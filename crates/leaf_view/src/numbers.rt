//! The numbers of one queue by client.

use crate::done::Done;
use db_base::cursor::Cursor;
use db_base::ids::ClientId;
use db_base::refusal::Refused;
use std::marker::Model;

/// A number for each client, 0 where there is none: at the place of the client's own number.
#[derive(Drop)]
pub struct Numbers {
    by_client: [u64; 65],
}

impl Model for Numbers {
    ghost use Rattle.std.specs.Prelude.{◌≡◌, List, ℕ, length};

    ghost Value = { List ℕ };

    ghost view = { λ n. n.by_client };

    ghost invariant = { λ n. length n.by_client ≡ 65 };
}

ghost use Rattle.std.specs.Prelude.{◌≡◌, ℕ, ◌∷◌, [], ◌==◌, slice_index, if◌then◌else◌, OnOk, IfErr};
ghost use Rattle.db_base.specs.Cursor.{number_of as cursor_number};
ghost use Rattle.db_base.specs.Ids.{IsClient};
ghost use Rattle.leaf_view.specs.Lookup.{number_of, or_else};

impl Numbers {
    ghost use Rattle.std.specs.Prelude.{◌≡◌, ℕ, ◌∷◌, [], ◌==◌, slice_index, if◌then◌else◌};
    ghost use Rattle.db_base.specs.Ids.{IsClient};
    ghost use Rattle.leaf_view.specs.Lookup.{number_of, or_else};

    /// No number.
    pub fn new() -> Numbers
        ensures { (client : ℕ) → slice_index result client ≡ 0 }
    {
        Numbers { by_client: [0; 65] }
    }

    /// A client's number.
    pub fn get(&self, client: ClientId) -> u64
        ensures number { result ≡ slice_index self.now client }
        ensures client { IsClient client }
    {
        self.by_client[client.get() as usize]
    }

    /// Sets a client's number.
    pub fn set(&mut self, client: ClientId, number: u64)
        ensures { (q : ℕ) → slice_index self.new q ≡ (if q == client then number else slice_index self.old q) }
    {
        self.by_client[client.get() as usize] = number;
    }

    /// Notes what an entry says of a queue, where its client has no number yet.
    pub(crate) fn note(&mut self, queue: u64, item: &Done)
        ensures { (client : ℕ) → slice_index self.new client ≡ or_else (slice_index self.old client) (number_of (item.now ∷ []) queue client) }
    {
        if item.queue == queue && self.get(item.client) == 0 {
            self.set(item.client, item.number);
        }
    }
}

/// Notes in a cursor what an entry says of a queue, where its client has no number yet.
pub(crate) fn note(cursor: &mut Cursor, queue: u64, item: &Done) -> Result<(), Refused>
    ensures ok { OnOk result ((client : ℕ) → cursor_number cursor.new client ≡ or_else (cursor_number cursor.old client) (number_of (item.now ∷ []) queue client)) }
    ensures memory { IfErr result (λ e. e ≡ Refused.Memory) }
{
    if item.queue == queue && cursor.get(item.client) == 0 {
        cursor.set(item.client, item.number)?;
    }
    Ok(())
}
#####
### Directions for this task
Reproduce the records above word for word.

### Your solution
filename crates/leaf_view/src/numbers.rt
//! The numbers of one queue by client.

use crate::done::Done;
use db_base::cursor::Cursor;
use db_base::ids::ClientId;
use db_base::refusal::Refused;
use std::marker::Model;

/// A number for each client, 0 where there is none: at the place of the client's own number.
#[derive(Drop)]
pub struct Numbers {
    by_client: [u64; 65],
}

impl Model for Numbers {
    ghost use Rattle.std.specs.Prelude.{◌≡◌, List, ℕ, length};

    ghost Value = { List ℕ };

    ghost view = { λ n. n.by_client };

    ghost invariant = { λ n. length n.by_client ≡ 65 };
}

ghost use Rattle.std.specs.Prelude.{◌≡◌, ℕ, ◌∷◌, [], ◌==◌, slice_index, if◌then◌else◌, OnOk, IfErr};
ghost use Rattle.db_base.specs.Cursor.{number_of as cursor_number};
ghost use Rattle.db_base.specs.Ids.{IsClient};
ghost use Rattle.leaf_view.specs.Lookup.{number_of, or_else};

impl Numbers {
    ghost use Rattle.std.specs.Prelude.{◌≡◌, ℕ, ◌∷◌, [], ◌==◌, slice_index, if◌then◌else◌};
    ghost use Rattle.db_base.specs.Ids.{IsClient};
    ghost use Rattle.leaf_view.specs.Lookup.{number_of, or_else};

    /// No number.
    pub fn new() -> Numbers
        ensures { (client : ℕ) → slice_index result client ≡ 0 }
    {
        Numbers { by_client: [0; 65] }
    }

    /// A client's number.
    pub fn get(&self, client: ClientId) -> u64
        ensures number { result ≡ slice_index self.now client }
        ensures client { IsClient client }
    {
        self.by_client[client.get() as usize]
    }

    /// Sets a client's number.
    pub fn set(&mut self, client: ClientId, number: u64)
        ensures { (q : ℕ) → slice_index self.new q ≡ (if q == client then number else slice_index self.old q) }
    {
        self.by_client[client.get() as usize] = number;
    }

    /// Notes what an entry says of a queue, where its client has no number yet.
    pub(crate) fn note(&mut self, queue: u64, item: &Done)
        ensures { (client : ℕ) → slice_index self.new client ≡ or_else (slice_index self.old client) (number_of (item.now ∷ []) queue client) }
    {
        if item.queue == queue && self.get(item.client) == 0 {
            self.set(item.client, item.number);
        }
    }
}

/// Notes in a cursor what an entry says of a queue, where its client has no number yet.
pub(crate) fn note(cursor: &mut Cursor, queue: u64, item: &Done) -> Result<(), Refused>
    ensures ok { OnOk result ((client : ℕ) → cursor_number cursor.new client ≡ or_else (cursor_number cursor.old client) (number_of (item.now ∷ []) queue client)) }
    ensures memory { IfErr result (λ e. e ≡ Refused.Memory) }
{
    if item.queue == queue && cursor.get(item.client) == 0 {
        cursor.set(item.client, item.number)?;
    }
    Ok(())
}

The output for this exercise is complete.